### Task statement
The lines from the first line of the entries through the line containing "IsErrOf result StoreFault.Failed" are to be repeated exactly, with both of those lines included.

### Data under study

= Beginning of Section =

ghost use Rattle.std.specs.Prelude.{◌≡◌, ℕ, ◌≤◌, List, Option, length, IfOk, IfSome, IsErrOf};
ghost use Rattle.pgr_outside.specs.Faults.{HasRisen, NoneFell};
ghost use Rattle.pgr_outside.specs.Store.{ReadsAt};

use crate::fault::StoreFault;

/// A store of named files, read in pieces.
///
/// Its meanings are the content of each name, where it tells that, and for each name a count of faults
/// that never falls. Names are the bytes of their text.
pub trait Store {
    /// The content of each name, where the store tells it.
    ghost content: { Self → List ℕ → Option (List ℕ) };

    /// How many faults each name has had.
    ghost faults: { Self → List ℕ → ℕ };

    /// Reads the bytes of a file from the place `at` on into the front of `buf`, and answers how many.
    ///
    /// 0 for a buffer that isn't empty means the end. Of the buffer behind the count nothing is said, nor
    /// of the buffer after `Failed`. `Failed` comes only where the count of `name` rose. `Memory` may come
    /// at any call, and leaves the buffer as it was.
    fn read_at(&mut self, name: &str, at: u64, buf: &mut [u8]) -> Result<usize, StoreFault>
        ensures count { IfOk result (λ count. count ≤ length buf.new) }
        ensures bytes { IfOk result (λ count. IfSome (content self.old name.now) (λ told. ReadsAt told at buf.new count)) }
        ensures failed { IsErrOf result StoreFault.Failed → HasRisen (faults self.old name.now) (faults self.new name.now) }
        ensures memory { IsErrOf result StoreFault.Memory → buf.new ≡ buf.old }

        // What stays, for every name: contents, and counts do not fall.
        ensures content { content self.new ≡ content self.old }
        ensures faults { NoneFell (faults self.old) (faults self.new) };
}
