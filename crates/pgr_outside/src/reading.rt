ghost use Rattle.std.specs.Prelude.{◌≡◌, ◌+◌, ◌^◌, ◌<◌, ◌≤◌, length, vec_len, IfOk, IfSome, IsErrOf};
ghost use Rattle.pgr_outside.specs.Faults.{HasRisen, NoneFell};
ghost use Rattle.pgr_outside.specs.Store.{AddsPiece};

use crate::fault::StoreFault;
use crate::store::Store;
use std::alloc::{AllocError, Global};
use thiserror::Error;

/// Why a file wasn't read whole.
#[derive(Clone, Copy, Debug, PartialEq, Eq, Drop, Error)]
pub enum ReadRefused {
    /// A read failed outside: only where the count of that name rose in this call.
    #[error("read failed")]
    Failed,
    /// The content has more bytes than the limit.
    #[error("file too long")]
    TooLong,
    /// Memory was wanting.
    #[error("want of memory")]
    Memory,
}

impl From<StoreFault> for ReadRefused {
    ghost use Rattle.std.specs.Prelude.{◌≡◌};
    ghost use Rattle.pgr_outside.specs.Reading.{refusal_of};

    ghost from_gives = { λ fault refused. refused ≡ refusal_of fault };

    fn from(fault: StoreFault) -> ReadRefused {
        match fault {
            StoreFault::Failed => ReadRefused::Failed,
            StoreFault::Memory => ReadRefused::Memory,
        }
    }
}

impl From<AllocError> for ReadRefused {
    ghost use Rattle.std.specs.Prelude.{◌≡◌};
    ghost use Rattle.pgr_outside.specs.declared.reading.ReadRefused.TheVariants.{Memory};

    ghost from_gives = { λ _ refused. refused ≡ Memory };

    fn from(_: AllocError) -> ReadRefused {
        ReadRefused::Memory
    }
}

/// The most bytes that one read asks for.
const PIECE: usize = 65536;

/// A buffer of so many bytes.
fn make_buffer(alloc: Global, len: usize) -> Result<Vec<u8>, AllocError>
    ensures { IfOk result (λ buffer. vec_len buffer ≡ len) }
{
    vec![in alloc; 0u8; len]
}

/// Reads the next piece of a file, adds it to the bytes before it, and answers how long it is.
fn add_piece<S: Store>(
    store: &mut S,
    name: &str,
    piece: &mut [u8],
    bytes: &mut Vec<u8>,
) -> Result<usize, ReadRefused>
    ensures at_most { IfOk result (λ count. count ≤ length piece.old) }
    ensures len { IfOk result (λ count. vec_len bytes.new ≡ vec_len bytes.old + count) }
    ensures added { IfOk result (λ count. IfSome (S.content store.old name.now)
        (λ told. AddsPiece told bytes.old.items bytes.new.items count)) }
    ensures ended { IfOk result (λ count. IfSome (S.content store.old name.now)
        (λ told. count ≡ 0 → 0 < length piece.old → length told ≤ vec_len bytes.old)) }
    ensures not_too_long { ¬ IsErrOf result ReadRefused.TooLong }
    ensures failed { IsErrOf result ReadRefused.Failed → HasRisen (S.faults store.old name.now) (S.faults store.new name.now) }

    // What stays, for every name.
    ensures content { S.content store.new ≡ S.content store.old }
    ensures faults { NoneFell (S.faults store.old) (S.faults store.new) }
{
    let count = store.read_at(name, bytes.len() as u64, piece)?;
    bytes.extend_from_slice(&piece[..count])?;
    Ok(count)
}

/// The whole content of a file, if it has at most `limit` bytes.
///
/// `Failed` comes only where the count of `name` rose in this call. Over told content `TooLong` comes
/// exactly where it has more than `limit` bytes. `Memory` may come at any call.
pub fn read_file<S: Store>(
    alloc: Global,
    store: &mut S,
    name: &str,
    limit: u64,
) -> Result<Vec<u8>, ReadRefused>
    requires { limit < 2 ^ 63 }
    ensures whole { IfOk result (λ bytes. IfSome (S.content store.old name.now) (λ told. bytes.items ≡ told)) }
    ensures within { IfOk result (λ bytes. vec_len bytes ≤ limit) }
    ensures too_long { IsErrOf result ReadRefused.TooLong → IfSome (S.content store.old name.now) (λ told. limit < length told) }
    ensures failed { IsErrOf result ReadRefused.Failed → HasRisen (S.faults store.old name.now) (S.faults store.new name.now) }

    // What stays, for every name.
    ensures content { S.content store.new ≡ S.content store.old }
    ensures faults { NoneFell (S.faults store.old) (S.faults store.new) }
{
    let mut piece = make_buffer(alloc, PIECE)?;
    let mut bytes = Vec::new(alloc);
    while bytes.len() as u64 <= limit {
        // One byte past the limit tells that the content is too long.
        let wanted = (limit + 1 - bytes.len() as u64).min(PIECE as u64) as usize;
        if add_piece(store, name, &mut piece[..wanted], &mut bytes)? == 0 {
            return Ok(bytes);
        }
    }
    Err(ReadRefused::TooLong)
}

= End of Section =

### Exercise answer
ghost use Rattle.std.specs.Prelude.{◌≡◌, ℕ, ◌≤◌, List, Option, length, IfOk, IfSome, IsErrOf};
ghost use Rattle.pgr_outside.specs.Faults.{HasRisen, NoneFell};
ghost use Rattle.pgr_outside.specs.Store.{ReadsAt};

use crate::fault::StoreFault;

/// A store of named files, read in pieces.
///
/// Its meanings are the content of each name, where it tells that, and for each name a count of faults
/// that never falls. Names are the bytes of their text.
pub trait Store {
    /// The content of each name, where the store tells it.
    ghost content: { Self → List ℕ → Option (List ℕ) };

    /// How many faults each name has had.
    ghost faults: { Self → List ℕ → ℕ };

    /// Reads the bytes of a file from the place `at` on into the front of `buf`, and answers how many.
    ///
    /// 0 for a buffer that isn't empty means the end. Of the buffer behind the count nothing is said, nor
    /// of the buffer after `Failed`. `Failed` comes only where the count of `name` rose. `Memory` may come
    /// at any call, and leaves the buffer as it was.
    fn read_at(&mut self, name: &str, at: u64, buf: &mut [u8]) -> Result<usize, StoreFault>
        ensures count { IfOk result (λ count. count ≤ length buf.new) }
        ensures bytes { IfOk result (λ count. IfSome (content self.old name.now) (λ told. ReadsAt told at buf.new count)) }
        ensures failed { IsErrOf result StoreFault.Failed → HasRisen (faults self.old name.now) (faults self.new name.now) }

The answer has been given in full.